WHAT YOU SHOULD DO: In the listing below, find the line containing "(λ passed. drop" and the line containing "total = add(Measure::Expressions, total, call.expressions);". Repeat exactly those two lines and every line between them, nothing more.

DATA TO EXAMINE:
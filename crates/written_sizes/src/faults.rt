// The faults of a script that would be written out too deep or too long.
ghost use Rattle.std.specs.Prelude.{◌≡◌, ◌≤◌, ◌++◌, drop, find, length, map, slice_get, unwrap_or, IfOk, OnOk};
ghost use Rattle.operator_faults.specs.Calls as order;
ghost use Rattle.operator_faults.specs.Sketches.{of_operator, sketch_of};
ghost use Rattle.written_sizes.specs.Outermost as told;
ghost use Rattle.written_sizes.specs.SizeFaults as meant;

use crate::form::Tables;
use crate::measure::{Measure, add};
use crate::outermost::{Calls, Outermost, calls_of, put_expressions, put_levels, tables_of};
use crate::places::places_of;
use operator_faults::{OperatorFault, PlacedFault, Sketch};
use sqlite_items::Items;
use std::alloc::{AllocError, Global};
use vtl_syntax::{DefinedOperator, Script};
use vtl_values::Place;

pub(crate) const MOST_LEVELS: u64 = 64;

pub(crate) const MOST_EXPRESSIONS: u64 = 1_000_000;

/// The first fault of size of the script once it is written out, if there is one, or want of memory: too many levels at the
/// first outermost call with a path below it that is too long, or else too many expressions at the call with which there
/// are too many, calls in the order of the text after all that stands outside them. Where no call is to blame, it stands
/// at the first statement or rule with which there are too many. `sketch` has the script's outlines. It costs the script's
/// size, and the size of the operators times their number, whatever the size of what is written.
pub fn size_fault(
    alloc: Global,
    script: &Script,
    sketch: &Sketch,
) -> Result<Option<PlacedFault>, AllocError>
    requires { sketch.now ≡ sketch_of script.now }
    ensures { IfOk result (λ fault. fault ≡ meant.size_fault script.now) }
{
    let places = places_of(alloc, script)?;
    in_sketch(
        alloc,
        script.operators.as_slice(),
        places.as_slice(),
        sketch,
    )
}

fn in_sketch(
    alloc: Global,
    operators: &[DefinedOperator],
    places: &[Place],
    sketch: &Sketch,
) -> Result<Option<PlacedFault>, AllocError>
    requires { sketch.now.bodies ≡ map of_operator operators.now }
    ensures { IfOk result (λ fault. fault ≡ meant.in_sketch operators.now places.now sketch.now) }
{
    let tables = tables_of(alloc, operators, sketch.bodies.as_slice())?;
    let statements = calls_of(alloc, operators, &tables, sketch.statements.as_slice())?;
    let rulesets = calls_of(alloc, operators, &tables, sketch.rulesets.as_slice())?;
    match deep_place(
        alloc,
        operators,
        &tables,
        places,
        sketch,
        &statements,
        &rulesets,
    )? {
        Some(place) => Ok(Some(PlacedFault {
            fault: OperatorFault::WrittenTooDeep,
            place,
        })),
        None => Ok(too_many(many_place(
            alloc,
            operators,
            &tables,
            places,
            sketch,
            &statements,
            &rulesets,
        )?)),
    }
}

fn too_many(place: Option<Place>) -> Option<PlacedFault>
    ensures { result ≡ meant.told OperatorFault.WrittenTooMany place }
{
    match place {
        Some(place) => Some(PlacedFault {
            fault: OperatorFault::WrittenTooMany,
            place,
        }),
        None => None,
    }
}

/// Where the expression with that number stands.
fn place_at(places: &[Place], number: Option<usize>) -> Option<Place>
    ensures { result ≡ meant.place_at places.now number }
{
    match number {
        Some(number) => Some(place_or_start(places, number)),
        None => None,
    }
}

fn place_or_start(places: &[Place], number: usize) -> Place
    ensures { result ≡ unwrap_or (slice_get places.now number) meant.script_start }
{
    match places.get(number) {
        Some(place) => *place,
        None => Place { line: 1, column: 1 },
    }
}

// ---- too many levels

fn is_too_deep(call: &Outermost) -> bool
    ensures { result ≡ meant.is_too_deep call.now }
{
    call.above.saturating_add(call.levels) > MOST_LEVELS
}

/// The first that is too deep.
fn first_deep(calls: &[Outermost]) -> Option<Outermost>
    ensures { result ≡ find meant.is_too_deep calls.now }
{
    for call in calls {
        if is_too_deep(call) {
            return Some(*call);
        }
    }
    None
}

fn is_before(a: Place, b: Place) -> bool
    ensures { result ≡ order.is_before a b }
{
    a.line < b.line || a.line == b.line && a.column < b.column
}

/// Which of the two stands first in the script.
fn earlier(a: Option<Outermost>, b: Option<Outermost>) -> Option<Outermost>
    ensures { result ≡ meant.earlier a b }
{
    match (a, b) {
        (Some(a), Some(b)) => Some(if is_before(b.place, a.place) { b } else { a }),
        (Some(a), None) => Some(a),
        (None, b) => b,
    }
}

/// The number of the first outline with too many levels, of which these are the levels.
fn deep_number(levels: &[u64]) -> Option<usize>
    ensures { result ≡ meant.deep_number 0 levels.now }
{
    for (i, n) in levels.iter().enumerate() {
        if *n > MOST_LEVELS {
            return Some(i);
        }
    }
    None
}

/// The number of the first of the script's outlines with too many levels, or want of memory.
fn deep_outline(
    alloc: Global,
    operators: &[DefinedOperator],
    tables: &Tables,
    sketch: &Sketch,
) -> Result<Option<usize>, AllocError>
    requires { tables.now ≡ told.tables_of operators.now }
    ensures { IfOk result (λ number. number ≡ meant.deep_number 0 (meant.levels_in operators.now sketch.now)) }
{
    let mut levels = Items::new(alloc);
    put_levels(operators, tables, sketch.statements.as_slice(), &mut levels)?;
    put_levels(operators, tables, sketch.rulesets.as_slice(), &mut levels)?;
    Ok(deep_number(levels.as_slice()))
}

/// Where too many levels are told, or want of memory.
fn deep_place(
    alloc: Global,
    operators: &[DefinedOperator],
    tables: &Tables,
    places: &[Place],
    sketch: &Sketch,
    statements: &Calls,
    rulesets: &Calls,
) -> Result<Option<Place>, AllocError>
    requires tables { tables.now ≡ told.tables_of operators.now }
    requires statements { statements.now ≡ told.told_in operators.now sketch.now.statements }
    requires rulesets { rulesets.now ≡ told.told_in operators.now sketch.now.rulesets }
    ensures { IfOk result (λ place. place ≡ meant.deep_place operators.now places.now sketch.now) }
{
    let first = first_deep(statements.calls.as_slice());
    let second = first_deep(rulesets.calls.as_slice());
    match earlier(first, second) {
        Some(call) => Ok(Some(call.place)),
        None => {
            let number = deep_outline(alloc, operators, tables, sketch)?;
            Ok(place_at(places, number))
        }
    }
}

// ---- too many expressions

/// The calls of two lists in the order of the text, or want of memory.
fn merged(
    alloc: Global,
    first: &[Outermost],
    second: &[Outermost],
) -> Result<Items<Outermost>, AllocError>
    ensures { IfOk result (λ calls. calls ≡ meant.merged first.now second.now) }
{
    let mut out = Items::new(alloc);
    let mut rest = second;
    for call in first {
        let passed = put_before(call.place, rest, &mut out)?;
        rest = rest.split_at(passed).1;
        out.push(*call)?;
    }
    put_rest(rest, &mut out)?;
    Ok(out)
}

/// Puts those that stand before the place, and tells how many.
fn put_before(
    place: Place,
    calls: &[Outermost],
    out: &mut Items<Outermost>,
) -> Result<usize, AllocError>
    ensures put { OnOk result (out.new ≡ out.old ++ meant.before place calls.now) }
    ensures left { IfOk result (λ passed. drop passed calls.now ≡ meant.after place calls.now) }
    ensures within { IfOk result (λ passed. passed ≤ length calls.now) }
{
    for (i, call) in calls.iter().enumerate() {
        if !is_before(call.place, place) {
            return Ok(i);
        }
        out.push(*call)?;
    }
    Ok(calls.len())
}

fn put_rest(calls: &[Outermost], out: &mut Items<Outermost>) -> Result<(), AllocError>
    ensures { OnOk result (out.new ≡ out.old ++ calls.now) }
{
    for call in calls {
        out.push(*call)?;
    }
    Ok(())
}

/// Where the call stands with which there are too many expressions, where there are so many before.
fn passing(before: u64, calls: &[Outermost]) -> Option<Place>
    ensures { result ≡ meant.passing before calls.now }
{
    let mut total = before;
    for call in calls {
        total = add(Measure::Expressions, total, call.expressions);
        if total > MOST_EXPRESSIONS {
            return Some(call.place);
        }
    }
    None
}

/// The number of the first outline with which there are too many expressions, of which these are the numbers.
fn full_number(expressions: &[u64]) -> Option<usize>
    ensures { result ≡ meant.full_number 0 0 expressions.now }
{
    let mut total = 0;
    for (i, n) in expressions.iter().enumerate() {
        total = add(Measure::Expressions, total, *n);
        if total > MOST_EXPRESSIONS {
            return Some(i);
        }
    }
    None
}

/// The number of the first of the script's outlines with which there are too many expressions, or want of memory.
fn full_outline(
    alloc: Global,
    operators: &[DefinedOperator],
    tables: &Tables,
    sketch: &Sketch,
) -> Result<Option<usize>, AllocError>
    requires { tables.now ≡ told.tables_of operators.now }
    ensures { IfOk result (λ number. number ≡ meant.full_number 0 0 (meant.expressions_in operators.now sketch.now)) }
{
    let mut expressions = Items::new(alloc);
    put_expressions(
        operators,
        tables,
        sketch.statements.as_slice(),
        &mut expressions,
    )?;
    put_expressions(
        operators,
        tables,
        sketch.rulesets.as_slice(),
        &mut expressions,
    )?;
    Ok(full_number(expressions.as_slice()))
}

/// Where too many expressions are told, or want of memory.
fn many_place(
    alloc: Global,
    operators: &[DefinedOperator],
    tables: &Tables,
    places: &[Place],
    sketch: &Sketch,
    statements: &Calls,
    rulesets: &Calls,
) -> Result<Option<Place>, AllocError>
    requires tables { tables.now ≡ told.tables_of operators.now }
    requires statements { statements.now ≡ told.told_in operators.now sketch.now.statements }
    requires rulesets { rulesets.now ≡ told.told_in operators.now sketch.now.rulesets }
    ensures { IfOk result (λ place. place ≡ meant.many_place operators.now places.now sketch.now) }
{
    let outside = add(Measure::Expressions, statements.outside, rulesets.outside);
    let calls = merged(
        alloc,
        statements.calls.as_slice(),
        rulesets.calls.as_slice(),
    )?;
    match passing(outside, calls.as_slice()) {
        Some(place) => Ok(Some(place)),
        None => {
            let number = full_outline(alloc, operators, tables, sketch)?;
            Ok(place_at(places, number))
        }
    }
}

EXERCISE SOLUTION:
    ensures left { IfOk result (λ passed. drop passed calls.now ≡ meant.after place calls.now) }
    ensures within { IfOk result (λ passed. passed ≤ length calls.now) }
{
    for (i, call) in calls.iter().enumerate() {
        if !is_before(call.place, place) {
            return Ok(i);
        }
        out.push(*call)?;
    }
    Ok(calls.len())
}

fn put_rest(calls: &[Outermost], out: &mut Items<Outermost>) -> Result<(), AllocError>
    ensures { OnOk result (out.new ≡ out.old ++ calls.now) }
{
    for call in calls {
        out.push(*call)?;
    }
    Ok(())
}

/// Where the call stands with which there are too many expressions, where there are so many before.
fn passing(before: u64, calls: &[Outermost]) -> Option<Place>
    ensures { result ≡ meant.passing before calls.now }
{
    let mut total = before;
    for call in calls {
        total = add(Measure::Expressions, total, call.expressions);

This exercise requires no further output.